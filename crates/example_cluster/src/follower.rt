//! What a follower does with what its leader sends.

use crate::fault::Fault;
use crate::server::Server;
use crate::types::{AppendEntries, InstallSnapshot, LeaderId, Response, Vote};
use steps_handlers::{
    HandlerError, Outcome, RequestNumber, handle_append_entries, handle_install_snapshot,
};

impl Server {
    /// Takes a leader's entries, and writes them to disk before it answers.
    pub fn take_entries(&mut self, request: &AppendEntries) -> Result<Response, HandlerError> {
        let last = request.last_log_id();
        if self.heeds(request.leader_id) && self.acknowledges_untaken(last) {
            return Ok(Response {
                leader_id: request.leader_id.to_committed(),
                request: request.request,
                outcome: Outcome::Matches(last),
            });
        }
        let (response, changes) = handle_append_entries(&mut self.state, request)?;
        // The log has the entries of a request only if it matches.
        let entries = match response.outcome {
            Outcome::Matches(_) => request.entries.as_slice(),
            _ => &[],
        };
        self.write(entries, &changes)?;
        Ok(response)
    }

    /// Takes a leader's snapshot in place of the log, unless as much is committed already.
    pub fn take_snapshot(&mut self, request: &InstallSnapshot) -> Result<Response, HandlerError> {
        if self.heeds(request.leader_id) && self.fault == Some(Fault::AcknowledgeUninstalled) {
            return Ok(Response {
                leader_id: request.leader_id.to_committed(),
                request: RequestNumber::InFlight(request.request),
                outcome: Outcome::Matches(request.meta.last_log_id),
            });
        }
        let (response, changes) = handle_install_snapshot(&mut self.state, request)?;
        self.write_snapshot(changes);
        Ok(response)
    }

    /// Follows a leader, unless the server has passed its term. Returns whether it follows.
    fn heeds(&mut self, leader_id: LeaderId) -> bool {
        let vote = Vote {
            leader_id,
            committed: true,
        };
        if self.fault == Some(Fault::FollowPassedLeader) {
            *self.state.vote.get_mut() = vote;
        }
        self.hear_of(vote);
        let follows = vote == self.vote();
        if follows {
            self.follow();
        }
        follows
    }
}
■ ■ ■ ■ ■ ■ ■
- To do: In full and without change, transcribe the entries.

- Output for this task:
filename crates/example_cluster/src/follower.rt
//! What a follower does with what its leader sends.

use crate::fault::Fault;
use crate::server::Server;
use crate::types::{AppendEntries, InstallSnapshot, LeaderId, Response, Vote};
use steps_handlers::{
    HandlerError, Outcome, RequestNumber, handle_append_entries, handle_install_snapshot,
};

impl Server {
    /// Takes a leader's entries, and writes them to disk before it answers.
    pub fn take_entries(&mut self, request: &AppendEntries) -> Result<Response, HandlerError> {
        let last = request.last_log_id();
        if self.heeds(request.leader_id) && self.acknowledges_untaken(last) {
            return Ok(Response {
                leader_id: request.leader_id.to_committed(),
                request: request.request,
                outcome: Outcome::Matches(last),
            });
        }
        let (response, changes) = handle_append_entries(&mut self.state, request)?;
        // The log has the entries of a request only if it matches.
        let entries = match response.outcome {
            Outcome::Matches(_) => request.entries.as_slice(),
            _ => &[],
        };
        self.write(entries, &changes)?;
        Ok(response)
    }

    /// Takes a leader's snapshot in place of the log, unless as much is committed already.
    pub fn take_snapshot(&mut self, request: &InstallSnapshot) -> Result<Response, HandlerError> {
        if self.heeds(request.leader_id) && self.fault == Some(Fault::AcknowledgeUninstalled) {
            return Ok(Response {
                leader_id: request.leader_id.to_committed(),
                request: RequestNumber::InFlight(request.request),
                outcome: Outcome::Matches(request.meta.last_log_id),
            });
        }
        let (response, changes) = handle_install_snapshot(&mut self.state, request)?;
        self.write_snapshot(changes);
        Ok(response)
    }

    /// Follows a leader, unless the server has passed its term. Returns whether it follows.
    fn heeds(&mut self, leader_id: LeaderId) -> bool {
        let vote = Vote {
            leader_id,
            committed: true,
        };
        if self.fault == Some(Fault::FollowPassedLeader) {
            *self.state.vote.get_mut() = vote;
        }
        self.hear_of(vote);
        let follows = vote == self.vote();
        if follows {
            self.follow();
        }
        follows
    }
}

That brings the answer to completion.